> **Task to carry out**: Repeat only the stretch of lines below that runs from the line with "12 ≤ length" through the line with "fn send_contents(copy: &mut", unaltered.
── Given data
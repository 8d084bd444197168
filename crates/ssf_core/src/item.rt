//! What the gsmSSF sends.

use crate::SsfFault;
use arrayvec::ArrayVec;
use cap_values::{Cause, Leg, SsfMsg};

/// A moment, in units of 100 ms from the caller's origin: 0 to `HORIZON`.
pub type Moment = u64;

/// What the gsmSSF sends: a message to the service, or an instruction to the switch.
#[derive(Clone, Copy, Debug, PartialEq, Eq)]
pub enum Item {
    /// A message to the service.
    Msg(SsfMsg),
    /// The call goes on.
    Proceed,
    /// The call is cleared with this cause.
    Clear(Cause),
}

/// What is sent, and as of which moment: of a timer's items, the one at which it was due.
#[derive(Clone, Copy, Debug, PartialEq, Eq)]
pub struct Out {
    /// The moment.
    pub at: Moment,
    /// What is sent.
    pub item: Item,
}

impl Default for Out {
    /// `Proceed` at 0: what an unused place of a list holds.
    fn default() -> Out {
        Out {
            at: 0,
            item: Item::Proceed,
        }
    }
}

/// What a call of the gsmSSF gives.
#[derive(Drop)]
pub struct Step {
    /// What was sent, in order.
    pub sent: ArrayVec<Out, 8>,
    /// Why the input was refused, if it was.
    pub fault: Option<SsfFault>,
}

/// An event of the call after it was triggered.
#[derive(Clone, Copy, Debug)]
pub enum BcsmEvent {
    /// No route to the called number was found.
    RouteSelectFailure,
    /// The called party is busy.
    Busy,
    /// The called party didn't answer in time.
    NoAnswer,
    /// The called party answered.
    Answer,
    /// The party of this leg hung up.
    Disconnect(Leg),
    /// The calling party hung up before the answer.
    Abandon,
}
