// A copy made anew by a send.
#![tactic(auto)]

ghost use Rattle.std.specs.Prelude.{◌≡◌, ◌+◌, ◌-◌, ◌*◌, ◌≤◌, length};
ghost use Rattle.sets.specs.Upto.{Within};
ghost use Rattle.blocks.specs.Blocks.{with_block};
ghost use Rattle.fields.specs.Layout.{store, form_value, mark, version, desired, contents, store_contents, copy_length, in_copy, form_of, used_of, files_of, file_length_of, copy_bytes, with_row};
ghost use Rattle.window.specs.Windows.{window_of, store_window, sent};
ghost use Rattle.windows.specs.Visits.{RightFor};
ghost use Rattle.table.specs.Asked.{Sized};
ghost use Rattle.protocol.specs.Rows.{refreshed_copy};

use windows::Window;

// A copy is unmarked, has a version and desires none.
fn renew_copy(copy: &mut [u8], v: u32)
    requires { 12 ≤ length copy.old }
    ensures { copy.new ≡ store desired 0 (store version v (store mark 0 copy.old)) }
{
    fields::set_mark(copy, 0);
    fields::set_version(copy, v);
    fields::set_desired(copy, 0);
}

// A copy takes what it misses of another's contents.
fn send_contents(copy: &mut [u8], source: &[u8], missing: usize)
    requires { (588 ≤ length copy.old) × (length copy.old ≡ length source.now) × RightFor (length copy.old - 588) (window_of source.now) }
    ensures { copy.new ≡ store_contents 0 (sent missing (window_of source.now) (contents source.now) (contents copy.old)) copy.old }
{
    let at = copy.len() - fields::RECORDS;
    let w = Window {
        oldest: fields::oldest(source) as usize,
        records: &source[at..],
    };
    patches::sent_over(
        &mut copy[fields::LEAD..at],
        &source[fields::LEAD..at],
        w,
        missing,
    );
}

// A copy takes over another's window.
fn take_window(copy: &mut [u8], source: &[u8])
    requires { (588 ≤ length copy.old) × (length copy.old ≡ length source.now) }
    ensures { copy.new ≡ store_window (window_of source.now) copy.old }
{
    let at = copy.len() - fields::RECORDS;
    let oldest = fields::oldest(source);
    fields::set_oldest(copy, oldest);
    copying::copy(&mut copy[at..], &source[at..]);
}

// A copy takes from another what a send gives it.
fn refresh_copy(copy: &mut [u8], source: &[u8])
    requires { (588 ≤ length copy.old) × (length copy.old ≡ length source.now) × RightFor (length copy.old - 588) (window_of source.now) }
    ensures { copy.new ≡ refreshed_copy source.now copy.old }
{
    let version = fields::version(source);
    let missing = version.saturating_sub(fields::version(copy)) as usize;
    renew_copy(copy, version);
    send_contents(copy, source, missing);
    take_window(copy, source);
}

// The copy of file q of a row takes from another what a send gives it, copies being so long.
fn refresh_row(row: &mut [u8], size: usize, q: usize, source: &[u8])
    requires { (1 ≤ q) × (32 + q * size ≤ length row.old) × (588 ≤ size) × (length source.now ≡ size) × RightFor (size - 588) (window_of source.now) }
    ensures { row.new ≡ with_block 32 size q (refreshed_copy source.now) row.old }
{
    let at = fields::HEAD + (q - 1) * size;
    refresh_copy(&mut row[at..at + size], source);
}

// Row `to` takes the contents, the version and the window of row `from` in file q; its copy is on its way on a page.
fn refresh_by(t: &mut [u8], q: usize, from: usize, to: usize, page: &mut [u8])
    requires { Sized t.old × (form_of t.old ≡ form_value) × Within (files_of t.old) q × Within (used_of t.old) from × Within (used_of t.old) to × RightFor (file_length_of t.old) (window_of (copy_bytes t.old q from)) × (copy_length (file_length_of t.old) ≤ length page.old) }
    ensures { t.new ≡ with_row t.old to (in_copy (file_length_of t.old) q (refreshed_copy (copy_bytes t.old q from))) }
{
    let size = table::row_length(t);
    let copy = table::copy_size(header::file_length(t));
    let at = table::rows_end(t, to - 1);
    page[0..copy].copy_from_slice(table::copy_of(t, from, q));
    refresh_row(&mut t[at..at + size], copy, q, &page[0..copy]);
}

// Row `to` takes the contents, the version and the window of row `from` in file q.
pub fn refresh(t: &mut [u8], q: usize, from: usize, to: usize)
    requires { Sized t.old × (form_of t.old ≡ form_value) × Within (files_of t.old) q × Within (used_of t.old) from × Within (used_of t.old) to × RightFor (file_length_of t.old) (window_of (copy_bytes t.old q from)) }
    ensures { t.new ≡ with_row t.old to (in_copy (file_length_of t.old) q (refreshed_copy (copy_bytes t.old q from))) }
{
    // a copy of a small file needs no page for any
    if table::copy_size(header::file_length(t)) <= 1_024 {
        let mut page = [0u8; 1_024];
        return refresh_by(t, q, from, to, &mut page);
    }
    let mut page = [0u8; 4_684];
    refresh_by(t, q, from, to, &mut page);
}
────
> **Response to this task**:
    requires { 12 ≤ length copy.old }
    ensures { copy.new ≡ store desired 0 (store version v (store mark 0 copy.old)) }
{
    fields::set_mark(copy, 0);
    fields::set_version(copy, v);
    fields::set_desired(copy, 0);
}

// A copy takes what it misses of another's contents.
fn send_contents(copy: &mut [u8], source: &[u8], missing: usize)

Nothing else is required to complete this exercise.